Copy out the first line of the listing and every line after it, exactly, until you have copied the line containing "#[tactic(auto, using(crate::proofs::NumberLemmas::first_digit))]".
++++++
//! Numbers in words.
ghost use Rattle.std.specs.Prelude.{◌≡◌, ◌≤◌, ◌<◌, ◌+◌, ◌*◌, ◌^◌, IfOk, IfSome, Some, None};
ghost use Rattle.of_lines.specs.Reading.{below};
ghost use Rattle.of_ovs_words.specs.Numbers.{decimal_number as decimal_of, digit as digit_of, digit_in as digit_below, digits_in as value_of_digits, hexadecimal_digits as digits_behind, is_octal as leads_with_zero, some_digits as value_of_some, number_in as number_of};
ghost use Rattle.of_ovs_words.specs.Outcomes.{numbered as numbered_of};

use crate::why::Why;
use of_lines::{cut, is};

// The value of a digit, in either case.
fn digit(byte: u8) -> Option<u8>
    ensures value { result ≡ digit_of byte }
    ensures small { IfSome result (λ d. d < 16) }
{
    match byte {
        b'0'..=b'9' => Some(byte - b'0'),
        b'a'..=b'f' => Some(byte - 87),
        b'A'..=b'F' => Some(byte - 55),
        _ => None,
    }
}

// The value of a digit of this base.
fn digit_in(base: u128, byte: u8) -> Option<u128>
    requires { base ≤ 16 }
    ensures value { result ≡ digit_below base byte }
    ensures small { IfSome result (λ d. d < base) }
{
    let digit = u128::from(digit(byte)?);
    if digit < base { Some(digit) } else { None }
}

// The number that one more digit makes, below the limit.
fn with_digit(base: u128, limit: u128, value: u128, digit: u128) -> Option<u128>
    requires base { base ≤ 16 }
    requires limit { limit ≤ 2 ^ 64 }
    requires value { value ≤ limit }
    requires digit { digit < base }
    ensures value { result ≡ below limit (base * value + digit) }
    ensures small { IfSome result (λ n. n < limit) }
{
    let next = base * value + digit;
    if next < limit { Some(next) } else { None }
}

// The number, below the limit, that digits of this base make.
#[tactic(auto, using(crate::proofs::NumberLemmas::first_digit))]
fn digits_in(base: u128, limit: u128, digits: &[u8]) -> Option<u128>
    requires base { base ≤ 16 }
    requires limit { limit ≤ 2 ^ 64 }
    ensures value { result ≡ value_of_digits base limit 0 digits.now }
    ensures small { IfSome result (λ n. n ≤ limit) }
{
    let mut value: u128 = 0;
    for byte in digits {
        let digit = digit_in(base, *byte)?;
        value = with_digit(base, limit, value, digit)?;
    }
    Some(value)
}

/// The number below the limit that digits of this base make, one at least.
pub fn some_digits(base: u128, limit: u128, digits: &[u8]) -> Option<u128>
    requires base { base ≤ 16 }
    requires limit { limit ≤ 2 ^ 64 }
    ensures value { result ≡ value_of_some base limit digits.now }
    ensures small { IfSome result (λ n. n < limit) }
{
    if digits.is_empty() {
        return None;
    }
    let number = digits_in(base, limit, digits)?;
    if number < limit { Some(number) } else { None }
}

// Whether digits stand behind a zero: ovs-ofctl reads most of them as octal, and some as decimal.
fn is_octal(word: &[u8]) -> bool
    ensures { result ≡ leads_with_zero word.now }
{
    word.len() > 1 && word[0] == b'0'
}

/// A decimal number below the limit.
pub fn decimal_number(limit: u128, word: &[u8]) -> Option<u128>
    requires { limit ≤ 2 ^ 64 }
    ensures value { result ≡ decimal_of limit word.now }
    ensures small { IfSome result (λ n. n < limit) }
{
    if is_octal(word) {
        None
    } else {
        some_digits(10, limit, word)
    }
}

// What stands behind 0x or 0X.
fn hexadecimal_digits(word: &[u8]) -> &[u8]
    ensures { result.now ≡ digits_behind word.now }
{
    let (zero, digits) = cut(word, b'x');
    if is(zero, b"0") {
        return digits;
    }
    let (zero, digits) = cut(word, b'X');
    if is(zero, b"0") { digits } else { &[] }
}

/// A number below the limit, decimal or hexadecimal after 0x or 0X.
pub fn number_in(limit: u128, word: &[u8]) -> Option<u128>
    requires { limit ≤ 2 ^ 64 }
    ensures value { result ≡ number_of limit word.now }
    ensures small { IfSome result (λ n. n < limit) }
{
    let digits = hexadecimal_digits(word);
    if digits.is_empty() {
        decimal_number(limit, word)
    } else {
        some_digits(16, limit, digits)
    }
}

/// A number below the limit, or why the word is none.
pub fn numbered(limit: u128, word: &[u8]) -> Result<u128, Why>
    requires { limit ≤ 2 ^ 64 }
    ensures value { result ≡ numbered_of limit word.now }
    ensures small { IfOk result (λ n. n < limit) }
{
    match number_in(limit, word) {
        Some(number) => Ok(number),
        None => Err(Why::Value),
    }
}
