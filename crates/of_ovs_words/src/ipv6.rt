//! IPv6 addresses in words.
ghost use Rattle.std.specs.Prelude.{◌≡◌, ◌≤◌, ◌<◌, ◌^◌, ◌-◌, ◌==◌, ◌&&◌, not, length, IfSome, Some, None};
ghost use Rattle.of_ovs_words.specs.Ipv6.{group_count as count_of, grown as grown_by, address_in_groups as groups_of, ipv6_in as ipv6_of, pieces, with_groups as with_groups_of, with_piece as with_piece_of, with_zeros as with_zeros_of, without_colon as without_one};

use crate::numbers::some_digits;
use of_lines::cut;

// The value with one more group of 16 bits.
fn grown(value: u128, group: u128) -> Option<u128>
    requires { group < 65536 }
    ensures { result ≡ grown_by value group }
{
    value.checked_mul(0x1_0000)?.checked_add(group)
}

// The value with so many groups of zeros.
fn with_zeros(count: usize, value: u128) -> Option<u128>
    ensures { result ≡ with_zeros_of count value }
{
    let mut value = value;
    let mut left = count;
    while left > 0 {
        value = grown(value, 0)?;
        left -= 1;
    }
    Some(value)
}

// How many groups there are.
fn count_groups(word: &[u8]) -> usize
    ensures value { result ≡ count_of (pieces word.now) }
    ensures small { result ≤ length word.now }
{
    let mut count = 0;
    let mut rest = word;
    while !rest.is_empty() {
        let (piece, after) = cut(rest, b':');
        rest = after;
        if !piece.is_empty() {
            count += 1;
        }
    }
    count
}

// One more piece: a group, or zeros where they are still wanted.
fn with_piece(missing: usize, wanted: bool, value: u128, piece: &[u8]) -> Option<u128>
    ensures { result ≡ with_piece_of missing wanted value piece.now }
{
    if !piece.is_empty() {
        grown(value, some_digits(16, 0x1_0000, piece)?)
    } else if wanted {
        with_zeros(missing, value)
    } else {
        None
    }
}

// Whether zeros are wanted after a piece.
fn is_wanted(wanted: bool, piece: &[u8]) -> bool
    ensures { result ≡ (wanted && not (length piece.now == 0)) }
{
    wanted && !piece.is_empty()
}

// The value of groups, of which so many are missing.
fn with_groups(missing: usize, wanted: bool, word: &[u8]) -> Option<u128>
    ensures { result ≡ with_groups_of missing wanted 0 (pieces word.now) }
{
    let mut value: u128 = 0;
    let mut wanted = wanted;
    let mut rest = word;
    while !rest.is_empty() {
        let (piece, after) = cut(rest, b':');
        rest = after;
        match with_piece(missing, wanted, value, piece) {
            Some(next) => value = next,
            None => return None,
        }
        wanted = is_wanted(wanted, piece);
    }
    if wanted { None } else { Some(value) }
}

fn without_colon(word: &[u8]) -> &[u8]
    ensures { result.now ≡ without_one word.now }
{
    let (first, after) = cut(word, b':');
    if first.is_empty() { after } else { word }
}

/// An IPv6 address, as 2001:db8::1.
#[tactic(auto, unfolding(crate::specs::Ipv6::ipv6_in))]
pub fn ipv6_in(word: &[u8]) -> Option<u128>
    ensures { result ≡ ipv6_of word.now }
{
    let groups = without_colon(word);
    let count = count_groups(groups);
    if count <= 8 {
        with_groups(8 - count, count < 8, groups)
    } else {
        None
    }
}
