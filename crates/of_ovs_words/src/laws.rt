//! What the tables of words say as a whole.
ghost use Rattle.std.specs.{Prelude.◌≡◌, Prelude.is_some, Prelude.true, List.list_all};
ghost use Rattle.of_layers.specs.declared.field.TheConstants.Field.{ALL};
ghost use Rattle.of_ovs_words.specs.FieldWords.{word_for};

/// Each field has a word, so no field is written as an empty text.
#[tactic(auto, unfolding(crate::specs::FieldWords::word_for, crate::specs::Settings::field_for))]
pub fn each_field_has_a_word()
    ensures { list_all (λ field. is_some (word_for field)) ALL ≡ true }
{}
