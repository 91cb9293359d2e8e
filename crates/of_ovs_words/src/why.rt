//! Why a word is refused.

use thiserror::Error;

/// Why a word of a line is refused.
#[derive(Clone, Copy, Debug, PartialEq, Eq, Error)]
pub enum Why {
    #[error("not supported by this switch, or not an ovs-ofctl keyword")]
    Unknown,
    #[error("invalid value")]
    Value,
    #[error("ports must be numbers: dump with --no-names")]
    PortName,
    #[error("needs tcp or udp before it")]
    Protocol,
    #[error("missing")]
    Missing,
    #[error("a group with this number already exists")]
    Again,
    /// Beside `drop`.
    #[error("drop must be the only action and instruction")]
    Alone,
    #[error("the order is: actions, clear_actions, write_actions, write_metadata, goto_table")]
    Order,
    #[error("an instruction can be used only once")]
    Twice,
    /// `output(port=N,max_len=N)`.
    #[error("OpenFlow 1.3 cannot truncate packets: write output:PORT")]
    Truncates,
    /// `delete`, `modify` and the like.
    #[error("only flows to add can be imported: remove this line and the lines that it changes")]
    Command,
    /// A table above 15.
    #[error("this switch has tables 0 to 15; --renumber gives them numbers")]
    Table,
    #[error("resubmit must go to a later table, without a port")]
    Backward,
    /// A prerequisite of a field is missing (OpenFlow 1.3.5, 7.2.3.8).
    #[error("needs a VLAN tag")]
    NeedsTag,
    #[error("needs ip or ipv6")]
    NeedsIp,
    #[error("needs ip")]
    NeedsIpv4,
    #[error("needs ipv6")]
    NeedsIpv6,
    #[error("needs arp")]
    NeedsArp,
    #[error("needs tcp or tcp6")]
    NeedsTcp,
    #[error("needs udp or udp6")]
    NeedsUdp,
    #[error("needs icmp")]
    NeedsIcmp,
    #[error("needs icmp6")]
    NeedsIcmp6,
}
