//! The two bytes of a VLAN tag in a match.
ghost use Rattle.std.specs.Prelude.{◌≡◌};
ghost use Rattle.of_ovs_words.specs.Tci.{pcp_setting as pcp_of, tci_mask as mask_of, tci_settings as settings_of};

use crate::numbers::numbered;
use crate::setting::masked;
use crate::why::Why;
use of_layers::Field;
use of_lines::cut;
use of_oxm::MatchField;

fn tci_mask(word: &[u8]) -> Result<u128, Why>
    ensures { result ≡ mask_of word.now }
{
    if word.is_empty() {
        Ok(0xffff)
    } else {
        numbered(0x1_0000, word)
    }
}

// All of the priority of a tag that is asked for, or nothing; nothing where there is no tag.
fn pcp_setting(value: u128, mask: u128) -> Result<Option<MatchField>, Why>
    ensures { result ≡ pcp_of value mask }
{
    if mask & 0xe000 == 0 {
        Ok(None)
    } else if mask & 0x1000 == 0 {
        Err(Why::Value)
    } else if value & 0x1000 == 0 {
        Ok(None)
    } else if mask & 0xe000 == 0xe000 {
        Ok(Some(MatchField {
            field: Field::VlanPcp,
            value: value / 8192,
            mask: None,
        }))
    } else {
        Err(Why::Value)
    }
}

/// What `vlan_tci` says of VLAN_VID, and of VLAN_PCP.
#[tactic(auto, unfolding(crate::specs::Tci::tci_settings))]
pub fn tci_settings(word: &[u8]) -> Result<(Option<MatchField>, Option<MatchField>), Why>
    ensures { result ≡ settings_of word.now }
{
    let (value, mask) = cut(word, b'/');
    let value = numbered(0x1_0000, value)?;
    let mask = tci_mask(mask)?;
    let pcp = pcp_setting(value, mask)?;
    Ok((masked(Field::VlanVid, value & 0x1fff, mask), pcp))
}
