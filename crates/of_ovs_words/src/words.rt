//! A line as words.
ghost use Rattle.std.specs.Prelude.{◌≡◌, ◌≤◌, ◌<◌, ◌^◌, ◌-◌, ◌==◌, ◌||◌, length, take, drop};
ghost use Rattle.of_ovs_words.specs.Words.{after_word, depth_after as depth_behind, enclosed as enclosed_in, is_gap as is_gap_byte, is_mark as is_mark_byte, marked_in, word_name as name_in, unmarked as unmarked_in, word_value as value_in, word_in};

/// Whether it stands between words.
pub fn is_gap(byte: u8) -> bool
    ensures { result ≡ is_gap_byte byte }
{
    byte == b',' || byte == b' ' || byte == b'\t' || byte == b'\r'
}

fn is_mark(byte: u8) -> bool
    ensures { result ≡ is_mark_byte byte }
{
    byte == b'=' || byte == b':' || byte == b'('
}

// How many parentheses are open after the byte, of so many that were.
fn depth_after(depth: usize, byte: u8) -> usize
    requires { depth < 2 ^ 63 }
    ensures { result ≡ depth_behind depth byte }
{
    match byte {
        b'(' => depth + 1,
        b')' => depth.saturating_sub(1),
        _ => depth,
    }
}

/// The first word, and what comes after the byte that ends it.
pub fn cut_word(bytes: &[u8]) -> (&[u8], &[u8])
    ensures first { result.0.now ≡ word_in 0 bytes.now }
    ensures rest { result.1.now ≡ after_word 0 bytes.now }
    ensures shorter { length result.1.now ≤ length bytes.now - 1 }
{
    let mut depth = 0;
    for (i, byte) in bytes.iter().enumerate() {
        if depth == 0 && is_gap(*byte) {
            return (&bytes[..i], &bytes[i + 1..]);
        }
        depth = depth_after(depth, *byte);
    }
    (bytes, &[])
}

// Where the name of a word ends.
fn name_end(word: &[u8]) -> usize
    ensures name { take result word.now ≡ name_in word.now }
    ensures value { drop result word.now ≡ marked_in word.now }
    ensures small { result ≤ length word.now }
{
    for (i, byte) in word.iter().enumerate() {
        if is_mark(*byte) {
            return i;
        }
    }
    word.len()
}

/// The name of a word: what comes before `=`, `:` or `(`.
pub fn name_of(word: &[u8]) -> &[u8]
    ensures { result.now ≡ name_in word.now }
{
    &word[..name_end(word)]
}

// The closing parenthesis may be missing at the end of a line, as for ovs-ofctl.
fn enclosed(value: &[u8]) -> &[u8]
    ensures { result.now ≡ enclosed_in value.now }
{
    match value {
        [inner @ .., b')'] => inner,
        _ => value,
    }
}

fn unmarked(marked: &[u8]) -> &[u8]
    ensures { result.now ≡ unmarked_in marked.now }
{
    match marked {
        [] => marked,
        [mark, value @ ..] => {
            if *mark == b'(' {
                enclosed(value)
            } else {
                value
            }
        }
    }
}

/// The value of a word: what comes after `=` or `:`, or within the parentheses.
pub fn value_of(word: &[u8]) -> &[u8]
    ensures { result.now ≡ value_in word.now }
{
    unmarked(&word[name_end(word)..])
}
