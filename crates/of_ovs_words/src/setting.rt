//! The meaning of words for a match.
ghost use Rattle.std.specs.Prelude.{◌≡◌, ◌≤◌, ◌<◌, ◌^◌, IfOk, IfSome, Some, None};
ghost use Rattle.of_layers.specs.Fields.{ones_of};
ghost use Rattle.of_ovs_words.specs.Settings.{by_ethertype as by_type, if_icmp as icmp, if_tcp_or_udp as tcp_or_udp, bits_in as bits_of, field_for as field_of, fitting_in as fitting_of, ipv4_mask_in as ipv4_mask_of, ipv6_mask_in as ipv6_mask_of, last_of, mask_by_form as mask_of, masked as masked_by, number_for as number_of, says as says_of, setting_in as setting_of, setting_under as under_bits, value_in as value_of, vlan_in as vlan_of};

use crate::field_word::{Form, Target};
use crate::ipv6::ipv6_in;
use crate::numbers::number_in;
use crate::port::port_in;
use crate::values::{ipv4_in, mac_in, prefix_mask};
use crate::why::Why;
use of_layers::Field;
use of_lines::{cut, is};
use of_oxm::MatchField;

const ARP: u128 = 0x0806;

const IPV6: u128 = 0x86dd;

/// The last setting of a field.
pub fn last(settings: &[MatchField], field: Field) -> Option<MatchField>
    ensures { result ≡ last_of field settings.now }
{
    settings
        .iter()
        .rev()
        .copied()
        .find(|e| e.field.number() == field.number())
}

/// Whether the settings say that value of a field.
pub fn says(settings: &[MatchField], field: Field, value: u128) -> bool
    ensures { result ≡ says_of field value settings.now }
{
    match last(settings, field) {
        Some(e) => e.value == value,
        None => false,
    }
}

// The field of this ETH_TYPE, or the other.
fn by_ethertype(settings: &[MatchField], ethertype: u128, field: Field, other: Field) -> Field
    ensures { Some result ≡ by_type settings.now ethertype field other }
{
    if says(settings, Field::EthType, ethertype) {
        field
    } else {
        other
    }
}

fn if_tcp_or_udp(settings: &[MatchField], field: Field, other: Field) -> Option<Field>
    ensures { result ≡ tcp_or_udp settings.now field other }
{
    if says(settings, Field::IpProto, 6) {
        Some(field)
    } else if says(settings, Field::IpProto, 17) {
        Some(other)
    } else {
        None
    }
}

fn if_icmp(
    settings: &[MatchField],
    field: Field,
    other: Field,
    rest: Option<Field>,
) -> Option<Field>
    ensures { result ≡ icmp settings.now field other rest }
{
    if says(settings, Field::IpProto, 1) {
        Some(field)
    } else if says(settings, Field::IpProto, 58) {
        Some(other)
    } else {
        rest
    }
}

/// The field that a word is for, after these settings.
#[tactic(auto, unfolding(crate::specs::Settings::field_for))]
pub fn field_for(target: Target, settings: &[MatchField]) -> Option<Field>
    ensures { result ≡ field_of target settings.now }
{
    match target {
        Target::Exact(field) => Some(field),
        Target::Protocol => Some(by_ethertype(settings, ARP, Field::ArpOp, Field::IpProto)),
        Target::NetworkSource => Some(by_ethertype(settings, ARP, Field::ArpSpa, Field::Ipv4Src)),
        Target::NetworkDestination => Some(by_ethertype(
            settings,
            ARP,
            Field::ArpTpa,
            Field::Ipv4Dst,
        )),
        Target::TransportSource => if_tcp_or_udp(settings, Field::TcpSrc, Field::UdpSrc),
        Target::TransportDestination => if_tcp_or_udp(settings, Field::TcpDst, Field::UdpDst),
        Target::SourceOrType => {
            let ports = if_tcp_or_udp(settings, Field::TcpSrc, Field::UdpSrc);
            if_icmp(settings, Field::Icmpv4Type, Field::Icmpv6Type, ports)
        }
        Target::DestinationOrCode => {
            let ports = if_tcp_or_udp(settings, Field::TcpDst, Field::UdpDst);
            if_icmp(settings, Field::Icmpv4Code, Field::Icmpv6Code, ports)
        }
        Target::IcmpType => Some(by_ethertype(
            settings,
            IPV6,
            Field::Icmpv6Type,
            Field::Icmpv4Type,
        )),
        Target::IcmpCode => Some(by_ethertype(
            settings,
            IPV6,
            Field::Icmpv6Code,
            Field::Icmpv4Code,
        )),
    }
}

// A number that fits a field of 64 bits at most.
fn number_for(field: Field, word: &[u8]) -> Option<u128>
    ensures { result ≡ number_of field word.now }
{
    number_in(field.row().ones.min(0xffff_ffff_ffff_ffff) + 1, word)
}

// 0xffff is no tag; else the bit 0x1000 says that there is one.
fn vlan_in(word: &[u8]) -> Option<u128>
    ensures { result ≡ vlan_of word.now }
{
    match number_in(0x1_0000, word)? {
        0xffff => Some(0),
        id if id < 0x1000 => Some(0x1000 + id),
        _ => None,
    }
}

#[tactic(auto, unfolding(crate::specs::Settings::value_in))]
fn value_in(form: Form, field: Field, word: &[u8]) -> Result<u128, Why>
    ensures { result ≡ value_of form field word.now }
{
    match form {
        Form::Number => number_for(field, word).ok_or(Why::Value),
        Form::Port => Ok(u128::from(port_in(Why::PortName, word)?)),
        Form::Mac => mac_in(word).ok_or(Why::Value),
        Form::Ipv4 => ipv4_in(word).ok_or(Why::Value),
        Form::Tos => match number_in(0x100, word) {
            Some(byte) if byte % 4 == 0 => Ok(byte / 4),
            _ => Err(Why::Value),
        },
        Form::Ipv6 => ipv6_in(word).ok_or(Why::Value),
        Form::Vlan => vlan_in(word).ok_or(Why::Value),
        Form::Tci => Err(Why::Value),
    }
}

/// The value of a word for a field, which fits the field.
pub fn fitting_in(form: Form, field: Field, word: &[u8]) -> Result<u128, Why>
    ensures value { result ≡ fitting_of form field word.now }
    ensures fits { IfOk result (λ value. value ≤ ones_of field) }
{
    let value = value_in(form, field, word)?;
    if value <= field.row().ones {
        Ok(value)
    } else {
        Err(Why::Value)
    }
}

// A mask of so many bits.
fn bits_in(field: Field, most: u128, word: &[u8]) -> Option<u128>
    requires { most < 128 }
    ensures { result ≡ bits_of field most word.now }
{
    let bits = number_in(most + 1, word)?;
    Some(prefix_mask(field.row().ones, bits as u32))
}

fn ipv4_mask(field: Field, word: &[u8]) -> Option<u128>
    ensures { result ≡ ipv4_mask_of field word.now }
{
    let (_, dotted) = cut(word, b'.');
    if dotted.is_empty() {
        bits_in(field, 32, word)
    } else {
        ipv4_in(word)
    }
}

fn ipv6_mask(field: Field, word: &[u8]) -> Option<u128>
    ensures { result ≡ ipv6_mask_of field word.now }
{
    let (_, address) = cut(word, b':');
    if !address.is_empty() {
        ipv6_in(word)
    } else if is(word, b"128") {
        Some(field.row().ones)
    } else {
        bits_in(field, 127, word)
    }
}

#[tactic(auto, unfolding(crate::specs::Settings::mask_by_form))]
fn mask_in(form: Form, field: Field, word: &[u8]) -> Option<u128>
    ensures { result ≡ mask_of form field word.now }
{
    match form {
        Form::Number => number_for(field, word),
        Form::Mac => mac_in(word),
        Form::Ipv4 => ipv4_mask(field, word),
        Form::Ipv6 => ipv6_mask(field, word),
        Form::Port | Form::Tos | Form::Vlan | Form::Tci => None,
    }
}

pub fn under(field: Field, value: u128, bits: u128) -> Option<MatchField>
    ensures { result ≡ under_bits field value bits }
{
    if bits == 0 {
        None
    } else if bits == field.row().ones {
        Some(MatchField {
            field,
            value,
            mask: None,
        })
    } else {
        Some(MatchField {
            field,
            value: value & bits,
            mask: Some(bits),
        })
    }
}

/// A value under a mask; none where the mask has no bit of the field.
pub fn masked(field: Field, value: u128, mask: u128) -> Option<MatchField>
    ensures { result ≡ masked_by field value mask }
{
    under(field, value, mask & field.row().ones)
}

/// What a value, and a mask after a slash, say of a field.
#[tactic(auto, unfolding(crate::specs::Settings::setting_in))]
pub fn setting_in(form: Form, field: Field, word: &[u8]) -> Result<Option<MatchField>, Why>
    ensures { result ≡ setting_of form field word.now }
{
    let (value, mask) = cut(word, b'/');
    let value = fitting_in(form, field, value)?;
    if mask.is_empty() {
        return Ok(Some(MatchField {
            field,
            value,
            mask: None,
        }));
    }
    match mask_in(form, field, mask) {
        Some(mask) => Ok(masked(field, value, mask)),
        None => Err(Why::Value),
    }
}
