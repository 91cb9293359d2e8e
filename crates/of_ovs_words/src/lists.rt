//! Lists that grow.
ghost use Rattle.std.specs.Prelude.{◌≡◌, ◌++◌, OnOk};
ghost use Rattle.of_ovs_words.specs.Outcomes.{one};

use std::alloc::AllocError;

/// Appends an item, if there is one.
pub fn push_one<T: Drop>(list: &mut Vec<T>, item: Option<T>) -> Result<(), AllocError>
    ensures { OnOk result (list.new.items ≡ list.old.items ++ one item) }
{
    if let Some(item) = item {
        list.push(item)?;
    }
    Ok(())
}
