//! The names of reserved ports (ovs-ofctl(8)).
ghost use Rattle.std.specs.Prelude.{◌≡◌};
ghost use Rattle.of_ovs_words.specs.PortWords.{port_word_named};

use crate::keywords::{is_keyword_in_any_case, padded};
use of_wire::limits::{OFPP_ALL, OFPP_CONTROLLER, OFPP_FLOOD, OFPP_IN_PORT};

/// The name of a reserved port (OpenFlow 1.3.5, 4.5): its text, which spaces fill up, and its number, if this switch sends packets to it and a flow can
/// name it.
#[derive(Clone, Copy)]
pub struct PortWord {
    pub text: [u8; 20],
    pub number: Option<u32>,
}

macro_rules! port {
    ($text:expr, $number:expr) => {
        PortWord {
            text: padded!($text),
            number: $number,
        }
    };
}

/// Each name once.
pub const PORT_WORDS: [PortWord; 8] = [
    port!(b"in_port", Some(OFPP_IN_PORT)),
    port!(b"flood", Some(OFPP_FLOOD)),
    port!(b"all", Some(OFPP_ALL)),
    port!(b"controller", Some(OFPP_CONTROLLER)),
    port!(b"local", None),
    port!(b"normal", None),
    port!(b"table", None),
    port!(b"any", None),
];

impl PortWord {
    /// The word of this text, in any case.
    #[tactic(auto, unfolding(crate::specs::PortWords::port_word_named))]
    pub fn named(text: &[u8]) -> Option<PortWord>
        ensures { result ≡ port_word_named text.now }
    {
        PORT_WORDS
            .iter()
            .copied()
            .find(|word| is_keyword_in_any_case(&word.text, text))
    }
}
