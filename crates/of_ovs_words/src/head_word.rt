//! The words for a flow beside its match and its actions (ovs-ofctl(8)).
ghost use Rattle.std.specs.Prelude.{◌≡◌};
ghost use Rattle.of_ovs_words.specs.HeadWords.{head_named};

use crate::keywords::{is_keyword, padded};

/// What a word is of a flow.
#[derive(Clone, Copy)]
pub enum Part {
    Cookie,
    Table,
    Priority,
    /// The idle timeout.
    Idle,
    /// The hard timeout.
    Hard,
    /// This bit of its flags (OpenFlow 1.3.5, 7.3.4.1).
    Flag(u16),
    /// Nothing that is kept.
    Passed,
    /// A command other than `add`.
    Command,
}

/// A word for a flow beside its match and its actions: its text, which spaces fill up, and what it is of the flow.
#[derive(Clone, Copy)]
pub struct HeadWord {
    pub text: [u8; 20],
    pub part: Part,
}

macro_rules! head {
    ($text:expr, $part:expr) => {
        HeadWord {
            text: padded!($text),
            part: $part,
        }
    };
}

/// Each word once.
pub const HEAD_WORDS: [HeadWord; 22] = [
    head!(b"cookie", Part::Cookie),
    head!(b"table", Part::Table),
    head!(b"priority", Part::Priority),
    head!(b"idle_timeout", Part::Idle),
    head!(b"hard_timeout", Part::Hard),
    head!(b"send_flow_rem", Part::Flag(1)),
    head!(b"no_packet_counts", Part::Flag(8)),
    head!(b"no_byte_counts", Part::Flag(16)),
    head!(b"check_overlap", Part::Passed),
    head!(b"reset_counts", Part::Passed),
    head!(b"importance", Part::Passed),
    head!(b"allow_hidden_fields", Part::Passed),
    head!(b"duration", Part::Passed),
    head!(b"n_packets", Part::Passed),
    head!(b"n_bytes", Part::Passed),
    head!(b"idle_age", Part::Passed),
    head!(b"hard_age", Part::Passed),
    head!(b"add", Part::Passed),
    head!(b"delete", Part::Command),
    head!(b"delete_strict", Part::Command),
    head!(b"modify", Part::Command),
    head!(b"modify_strict", Part::Command),
];

impl HeadWord {
    /// The word of this text.
    #[tactic(auto, unfolding(crate::specs::HeadWords::head_named))]
    pub fn named(text: &[u8]) -> Option<HeadWord>
        ensures { result ≡ head_named text.now }
    {
        HEAD_WORDS
            .iter()
            .copied()
            .find(|word| is_keyword(&word.text, text))
    }
}
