//! Why reading stops at a word.
ghost use Rattle.of_ovs_words.specs.declared.stop.Stop.TheVariants.{NoMemory, Refused};
ghost use Rattle.std.specs.Prelude.{◌≡◌};

use crate::why::Why;
use std::alloc::{AllocError, AllocFailed};

/// Why reading stops at a word.
#[derive(Clone, Copy)]
pub enum Stop {
    NoMemory,
    Refused(Why),
}

impl From<Why> for Stop {
    ghost from_gives = { λ why e. e ≡ Refused why };

    fn from(why: Why) -> Stop {
        Stop::Refused(why)
    }
}

impl From<AllocError> for Stop {
    ghost from_gives = { λ _ e. e ≡ NoMemory };

    fn from(_e: AllocError) -> Stop {
        Stop::NoMemory
    }
}

impl<T: Drop> From<AllocFailed<T>> for Stop {
    ghost from_gives = { λ _ e. e ≡ NoMemory };

    fn from(_e: AllocFailed<T>) -> Stop {
        Stop::NoMemory
    }
}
++++++
● SOLUTION FOR THIS EXERCISE:
//! Numbers in words.
ghost use Rattle.std.specs.Prelude.{◌≡◌, ◌≤◌, ◌<◌, ◌+◌, ◌*◌, ◌^◌, IfOk, IfSome, Some, None};
ghost use Rattle.of_lines.specs.Reading.{below};
ghost use Rattle.of_ovs_words.specs.Numbers.{decimal_number as decimal_of, digit as digit_of, digit_in as digit_below, digits_in as value_of_digits, hexadecimal_digits as digits_behind, is_octal as leads_with_zero, some_digits as value_of_some, number_in as number_of};
ghost use Rattle.of_ovs_words.specs.Outcomes.{numbered as numbered_of};

use crate::why::Why;
use of_lines::{cut, is};

// The value of a digit, in either case.
fn digit(byte: u8) -> Option<u8>
    ensures value { result ≡ digit_of byte }
    ensures small { IfSome result (λ d. d < 16) }
{
    match byte {
        b'0'..=b'9' => Some(byte - b'0'),
        b'a'..=b'f' => Some(byte - 87),
        b'A'..=b'F' => Some(byte - 55),
        _ => None,
    }
}

// The value of a digit of this base.
fn digit_in(base: u128, byte: u8) -> Option<u128>
    requires { base ≤ 16 }
    ensures value { result ≡ digit_below base byte }
    ensures small { IfSome result (λ d. d < base) }
{
    let digit = u128::from(digit(byte)?);
    if digit < base { Some(digit) } else { None }
}

// The number that one more digit makes, below the limit.
fn with_digit(base: u128, limit: u128, value: u128, digit: u128) -> Option<u128>
    requires base { base ≤ 16 }
    requires limit { limit ≤ 2 ^ 64 }
    requires value { value ≤ limit }
    requires digit { digit < base }
    ensures value { result ≡ below limit (base * value + digit) }
    ensures small { IfSome result (λ n. n < limit) }
{
    let next = base * value + digit;
    if next < limit { Some(next) } else { None }
}

// The number, below the limit, that digits of this base make.
#[tactic(auto, using(crate::proofs::NumberLemmas::first_digit))]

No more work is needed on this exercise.